### Material to process ###

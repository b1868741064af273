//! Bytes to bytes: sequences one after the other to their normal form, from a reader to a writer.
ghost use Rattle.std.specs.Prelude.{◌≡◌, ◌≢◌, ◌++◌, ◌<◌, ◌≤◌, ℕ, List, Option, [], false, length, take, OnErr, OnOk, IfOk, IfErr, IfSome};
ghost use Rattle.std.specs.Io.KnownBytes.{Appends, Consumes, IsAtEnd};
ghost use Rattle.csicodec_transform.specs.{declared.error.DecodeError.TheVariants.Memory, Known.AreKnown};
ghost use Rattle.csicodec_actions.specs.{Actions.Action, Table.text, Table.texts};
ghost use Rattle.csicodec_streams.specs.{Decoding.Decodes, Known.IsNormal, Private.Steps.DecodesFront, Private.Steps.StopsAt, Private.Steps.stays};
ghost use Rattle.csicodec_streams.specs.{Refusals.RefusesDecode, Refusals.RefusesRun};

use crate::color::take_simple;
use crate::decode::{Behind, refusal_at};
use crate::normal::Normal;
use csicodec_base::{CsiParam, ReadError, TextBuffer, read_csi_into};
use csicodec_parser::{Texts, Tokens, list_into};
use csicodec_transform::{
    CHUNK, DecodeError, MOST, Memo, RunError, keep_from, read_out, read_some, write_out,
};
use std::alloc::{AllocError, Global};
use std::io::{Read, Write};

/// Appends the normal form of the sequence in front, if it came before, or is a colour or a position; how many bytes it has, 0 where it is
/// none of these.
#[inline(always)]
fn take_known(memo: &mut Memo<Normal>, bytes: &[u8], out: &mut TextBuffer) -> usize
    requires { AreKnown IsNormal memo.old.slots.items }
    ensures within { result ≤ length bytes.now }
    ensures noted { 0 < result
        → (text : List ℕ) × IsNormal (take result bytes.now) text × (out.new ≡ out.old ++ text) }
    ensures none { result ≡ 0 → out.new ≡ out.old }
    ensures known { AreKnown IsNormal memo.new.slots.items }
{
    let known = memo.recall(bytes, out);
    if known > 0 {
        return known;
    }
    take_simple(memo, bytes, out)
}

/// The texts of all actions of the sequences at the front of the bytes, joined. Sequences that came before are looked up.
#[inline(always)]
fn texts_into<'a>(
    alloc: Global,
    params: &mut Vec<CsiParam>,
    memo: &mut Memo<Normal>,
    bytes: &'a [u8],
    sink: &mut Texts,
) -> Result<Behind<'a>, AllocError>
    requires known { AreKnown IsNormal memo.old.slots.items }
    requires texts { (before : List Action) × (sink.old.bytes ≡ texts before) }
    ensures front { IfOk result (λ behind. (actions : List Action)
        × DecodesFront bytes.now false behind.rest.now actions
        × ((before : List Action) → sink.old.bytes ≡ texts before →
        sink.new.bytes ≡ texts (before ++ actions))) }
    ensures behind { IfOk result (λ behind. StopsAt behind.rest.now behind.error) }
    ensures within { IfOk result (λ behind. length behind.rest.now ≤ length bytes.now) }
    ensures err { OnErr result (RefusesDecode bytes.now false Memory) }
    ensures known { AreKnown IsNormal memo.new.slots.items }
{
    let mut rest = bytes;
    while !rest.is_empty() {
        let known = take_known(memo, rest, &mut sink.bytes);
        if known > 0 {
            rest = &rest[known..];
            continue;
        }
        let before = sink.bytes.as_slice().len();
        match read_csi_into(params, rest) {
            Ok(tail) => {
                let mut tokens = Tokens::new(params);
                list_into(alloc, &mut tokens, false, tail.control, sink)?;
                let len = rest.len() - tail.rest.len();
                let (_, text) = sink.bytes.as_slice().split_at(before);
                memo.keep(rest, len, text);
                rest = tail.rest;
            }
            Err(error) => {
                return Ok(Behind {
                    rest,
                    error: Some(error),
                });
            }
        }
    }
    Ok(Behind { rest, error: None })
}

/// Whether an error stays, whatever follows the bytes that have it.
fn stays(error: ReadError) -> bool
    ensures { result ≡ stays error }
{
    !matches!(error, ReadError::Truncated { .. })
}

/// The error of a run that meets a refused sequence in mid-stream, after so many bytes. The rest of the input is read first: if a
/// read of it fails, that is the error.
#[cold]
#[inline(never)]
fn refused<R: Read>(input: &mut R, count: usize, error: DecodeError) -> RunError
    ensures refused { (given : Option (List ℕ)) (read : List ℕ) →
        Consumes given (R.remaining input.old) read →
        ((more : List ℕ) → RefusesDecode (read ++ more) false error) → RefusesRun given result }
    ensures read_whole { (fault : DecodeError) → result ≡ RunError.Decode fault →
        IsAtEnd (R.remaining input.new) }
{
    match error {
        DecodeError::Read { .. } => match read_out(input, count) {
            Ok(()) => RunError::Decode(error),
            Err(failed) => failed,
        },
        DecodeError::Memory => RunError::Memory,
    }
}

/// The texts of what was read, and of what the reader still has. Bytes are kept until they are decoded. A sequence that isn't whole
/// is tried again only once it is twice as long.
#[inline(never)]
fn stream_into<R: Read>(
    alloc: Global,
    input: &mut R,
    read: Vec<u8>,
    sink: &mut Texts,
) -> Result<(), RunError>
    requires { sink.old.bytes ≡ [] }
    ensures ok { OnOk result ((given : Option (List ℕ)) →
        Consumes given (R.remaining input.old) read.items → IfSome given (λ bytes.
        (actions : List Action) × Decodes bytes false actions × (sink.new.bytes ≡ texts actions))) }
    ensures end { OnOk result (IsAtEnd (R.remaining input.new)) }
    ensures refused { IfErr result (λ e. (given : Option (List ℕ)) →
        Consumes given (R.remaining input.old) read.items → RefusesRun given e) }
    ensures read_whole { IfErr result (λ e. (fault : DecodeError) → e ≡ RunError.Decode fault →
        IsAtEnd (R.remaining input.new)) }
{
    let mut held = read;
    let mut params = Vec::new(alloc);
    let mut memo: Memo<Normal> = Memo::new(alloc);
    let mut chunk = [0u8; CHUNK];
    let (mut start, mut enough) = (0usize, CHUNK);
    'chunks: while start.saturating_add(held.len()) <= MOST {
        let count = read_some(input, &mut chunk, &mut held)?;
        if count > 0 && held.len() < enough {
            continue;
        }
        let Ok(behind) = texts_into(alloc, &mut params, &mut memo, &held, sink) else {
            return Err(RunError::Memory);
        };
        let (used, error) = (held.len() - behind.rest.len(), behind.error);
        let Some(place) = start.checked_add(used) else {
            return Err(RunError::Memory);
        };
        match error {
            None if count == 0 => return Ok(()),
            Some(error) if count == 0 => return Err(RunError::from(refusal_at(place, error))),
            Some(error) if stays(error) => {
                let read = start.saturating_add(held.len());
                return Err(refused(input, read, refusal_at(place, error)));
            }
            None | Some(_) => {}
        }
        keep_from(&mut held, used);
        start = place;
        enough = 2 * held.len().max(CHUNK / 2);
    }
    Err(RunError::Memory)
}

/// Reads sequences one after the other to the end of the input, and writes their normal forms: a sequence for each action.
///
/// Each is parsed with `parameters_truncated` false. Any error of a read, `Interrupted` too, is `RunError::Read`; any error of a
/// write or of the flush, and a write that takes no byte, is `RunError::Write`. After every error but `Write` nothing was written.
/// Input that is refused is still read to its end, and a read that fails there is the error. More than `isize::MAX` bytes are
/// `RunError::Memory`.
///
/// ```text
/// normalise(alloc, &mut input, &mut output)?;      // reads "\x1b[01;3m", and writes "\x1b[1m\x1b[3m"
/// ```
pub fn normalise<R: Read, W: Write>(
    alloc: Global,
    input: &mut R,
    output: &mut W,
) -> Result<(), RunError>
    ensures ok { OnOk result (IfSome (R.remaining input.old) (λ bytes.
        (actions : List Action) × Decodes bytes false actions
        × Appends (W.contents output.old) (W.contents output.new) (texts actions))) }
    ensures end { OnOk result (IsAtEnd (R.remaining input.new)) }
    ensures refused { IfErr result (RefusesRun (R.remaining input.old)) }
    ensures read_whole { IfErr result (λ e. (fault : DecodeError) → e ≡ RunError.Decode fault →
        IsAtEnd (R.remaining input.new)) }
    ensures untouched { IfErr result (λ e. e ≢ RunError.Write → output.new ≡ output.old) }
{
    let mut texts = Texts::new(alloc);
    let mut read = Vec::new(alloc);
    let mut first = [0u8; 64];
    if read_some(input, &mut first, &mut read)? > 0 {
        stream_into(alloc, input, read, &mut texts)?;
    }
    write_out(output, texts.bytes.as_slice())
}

###

- _Task prompt_:
Looking at the records above, return exactly the lines from the line with "let mut memo: Memo<Normal>" to the line with "start.saturating_add(held.len()) <= MOST", both ends included.

- _Solution to this problem_:
    let mut memo: Memo<Normal> = Memo::new(alloc);
    let mut chunk = [0u8; CHUNK];
    let (mut start, mut enough) = (0usize, CHUNK);
    'chunks: while start.saturating_add(held.len()) <= MOST {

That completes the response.